Nous ne sommes que deux ce matin. Le réveil, nous graciant d’une miséricorde dominicale, rougit de chiffres devant son être à demi dénudé. Les chiens du quartier, las d’abreuver les fêtards de leurs réprimandes, semblent pousser leur narcose tandis que j’ouvre un oeil.
Apaisée, calme et souriante, pas un seul spectre n’est venu profaner son long repos. La main posée sur le sein, comme à son habitude, elle m’avise de ses yeux coquins.
Le clocher entame sa ritournelle, il nous berce de son hymne quotidien. Immuable. Lui qui sait si bien nous agacer lorsque nous aspirons à une plus longue détente. Je la couvre de baisers, à satiété, elle esquisse un sourire. Je n’en aurais jamais assez pour la couvrir de toute ma tendresse.
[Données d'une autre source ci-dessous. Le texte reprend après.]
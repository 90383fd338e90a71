//! The calls of a recording, and what is known of each.

use std::alloc::{AllocError, Global};
use words::{Call, Reply};

/// The end of a call that has none.
pub const NEVER: usize = 18_446_744_073_709_551_615;

/// What is known of a call.
#[derive(Clone, Copy, PartialEq, Eq)]
pub enum Known {
    /// It took effect, with this reply.
    Taken(Reply),
    /// It took no effect.
    NotTaken,
    /// Nothing.
    Open,
}

impl Known {
    /// What is known of a call by its answer, if it was answered.
    fn by(reply: Option<Reply>) -> Self {
        match reply {
            Some(reply) => Known::Taken(reply),
            None => Known::Open,
        }
    }
}

/// A call from one place to another, and what is known of it.
#[derive(Clone, Copy)]
pub struct KnownCall {
    pub begin: usize,
    pub end: usize,
    pub call: Call,
    pub known: Known,
}

/// The calls as they begin, the places of crashes, and how many places there are.
#[derive(Drop)]
pub struct Calls {
    pub calls: Vec<KnownCall>,
    pub crashes: Vec<usize>,
    pub places: usize,
}

impl Calls {
    /// None, and room for so many.
    pub fn with_room(alloc: Global, count: usize) -> Result<Self, AllocError> {
        Ok(Calls {
            calls: Vec::with_capacity(alloc, count)?,
            crashes: Vec::new(alloc),
            places: 0,
        })
    }

    /// A call begins at the next place. The answer is its number.
    pub fn begin(&mut self, call: Call) -> Result<usize, AllocError> {
        let number = self.calls.len();
        self.calls.push(KnownCall {
            begin: self.places,
            end: NEVER,
            call,
            known: Known::by(None),
        })?;
        self.places = self.places.wrapping_add(1);
        Ok(number)
    }

    /// The call of this number is answered, at the next place.
    pub fn answer(&mut self, number: usize, reply: Reply) {
        if let Some(call) = self.calls.get_mut(number) {
            call.end = self.places;
            call.known = Known::by(Some(reply));
        }
        self.places = self.places.wrapping_add(1);
    }

    /// The call of this number ends with the crash that comes at the next place.
    pub fn interrupt(&mut self, number: usize) {
        if let Some(call) = self.calls.get_mut(number) {
            call.end = self.places;
        }
    }

    /// A crash at the next place, and recovery behind it.
    pub fn crash(&mut self) -> Result<(), AllocError> {
        self.crashes.push(self.places)?;
        self.places = self.places.wrapping_add(2);
        Ok(())
    }

    /// It was learnt what became of the call of this number.
    pub fn learn(&mut self, number: usize, known: Known) {
        if let Some(call) = self.calls.get_mut(number) {
            call.known = known;
        }
    }
}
Il faut que parade cesse, et comme toutes les bonnes choses ont une faim : un bon petit déjeuner sur une table garnie. Promesse d’un brunch qui n’en est pas un, mais qui finira assurément comme tel.
Quatre à quatre, je m’empresse de délivrer le café de son écrin, il emplit la pièce. En une fragrance, je me retrouve dans une maison coloniale, mon hôte cubain me sert un coradito sur fond de montagne laiteuse.
Les confitures maison ornent la table, les viennoiseries se réconfortent dans le four et brûlent de se mêler au café. Trois petites oranges prennent leurs quartiers dans le pressoir, elle s’en régalera plus tard.
La voici qui descend, sourire aux lèvres. Ses yeux rieurs miroitent le serment d’une bonne journée. De ces moments si simples et rares à la fois, le temps s’arrête et nous jalouse. Elle et moi devant ce petit déjeuner.